0. A few students I taught in Algebra II last year came up to me this year and told me that they’re using my binder system in their math classes this year to stay organized. One wants to show me his binder to see how organized he is now. Organization was his Achilles Heel last year. Just hearing that was vindication enough. Because I’d guess about 1/2, eh maybe 2/3, of my Algebra II students last year came to me unorganized. They just had never been taught to correct and organize their work. I had hoped to introduce them to a skill that they might find helpful in the future. So hearing that caused my chest to puff up, my heart to swell. It may indeed have been a heart attack. But what a glorious way to go.

1. I suspected that I would experience cognitive dissonance, because I’m doing Standards Based Grading in Calculus, but not in Algebra II. That — indeed — has panned out. The one SBG-style change I’ve made in Algebra II is that I’m entering things in the gradebook by topic now for Algebra II (e.g. “Compound Inequalities” and “Absolute Value Equations”). At the very least, I can see very quickly in what areas each kid is successful, and similarly, where each kid needs to work.

But here’s the rub. I’m so transformed in the way I’m thinking about student learning, and what assessments mean, and what grades mean, that I am already frustrated that I don’t have a good response to the Algebra II student who comes to me upset about their test grade. Last year, I would have calmed the kid down, and had a talk about the causes of what might have gone wrong. Studying poorly? Not following things in class? Not enough sleep? Whatever. And then we would have made a plan for the next assessment. We were always looking together towards the future.

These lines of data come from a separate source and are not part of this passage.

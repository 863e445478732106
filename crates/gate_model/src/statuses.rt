//! The statuses that the gateway tells (the Guacamole manual, "Guacamole protocol reference", status
//! codes), and the one of each refusal (this project's own).

ghost use Rattle.std.specs.Prelude.{◌≡◌};
ghost use Rattle.gate_model.specs.text.Statuses.{closed_status, feed_status, join_status, no_viewer_status, read_status, write_status};

use crate::{Closed, FeedRefusal, JoinRefusal, NoViewer, ReadRefusal, WriteRefusal};

/// Want of memory.
pub const NO_MEMORY: u16 = 512;

/// Too many connections are served.
pub const SERVER_BUSY: u16 = 513;

/// There is no such viewer, session or path.
pub const NOT_FOUND: u16 = 516;

/// What was drawn is there already.
pub const CONFLICT: u16 = 517;

/// The Telnet host can't be reached.
pub const UPSTREAM_NOT_FOUND: u16 = 519;

/// The session was closed, or may have no more entries.
pub const SESSION_CLOSED: u16 = 523;

/// What was asked can't be read.
pub const BAD_REQUEST: u16 = 768;

/// The session isn't shared so.
pub const FORBIDDEN: u16 = 771;

/// Too many viewers are there, or have joined.
pub const TOO_MANY: u16 = 797;

impl FeedRefusal {
    /// The status that is told for it.
    pub fn status(self) -> u16
        ensures { result ≡ feed_status self }
    {
        match self {
            FeedRefusal::Closed(_) | FeedRefusal::Worn { .. } => SESSION_CLOSED,
            FeedRefusal::NoMemory => NO_MEMORY,
        }
    }
}

impl JoinRefusal {
    /// The status that is told for it.
    pub fn status(self) -> u16
        ensures { result ≡ join_status self }
    {
        match self {
            JoinRefusal::Closed(_) | JoinRefusal::Worn { .. } => SESSION_CLOSED,
            JoinRefusal::Forbidden => FORBIDDEN,
            JoinRefusal::TooMany { .. } => TOO_MANY,
            JoinRefusal::NoMemory => NO_MEMORY,
        }
    }
}

impl ReadRefusal {
    /// The status that is told for it.
    pub fn status(self) -> u16
        ensures { result ≡ read_status self }
    {
        match self {
            ReadRefusal::NoViewer => NOT_FOUND,
            ReadRefusal::Worn { .. } => SESSION_CLOSED,
            ReadRefusal::NoMemory => NO_MEMORY,
        }
    }
}

impl WriteRefusal {
    /// The status that is told for it.
    pub fn status(self) -> u16
        ensures { result ≡ write_status self }
    {
        match self {
            WriteRefusal::NoViewer => NOT_FOUND,
            WriteRefusal::Closed(_) | WriteRefusal::Worn { .. } => SESSION_CLOSED,
            WriteRefusal::NoMemory => NO_MEMORY,
        }
    }
}

impl NoViewer {
    /// The status that is told for it.
    pub fn status(self) -> u16
        ensures { result ≡ no_viewer_status self }
    {
        NOT_FOUND
    }
}

impl Closed {
    /// The status that is told for it.
    pub fn status(self) -> u16
        ensures { result ≡ closed_status self }
    {
        SESSION_CLOSED
    }
}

And that conversation is important. Because part of being a teacher, and highlighted by SBG, is that students need to be hyperaware of their own learning, and proactive in their approach to it.

However, when I’m having these conversations with students this year, I want to also say: “Oh, you’ve figured things out? Prove it. So what if you got a C on the assessment. Show me you know it, and I’ll have your grade reflect that.”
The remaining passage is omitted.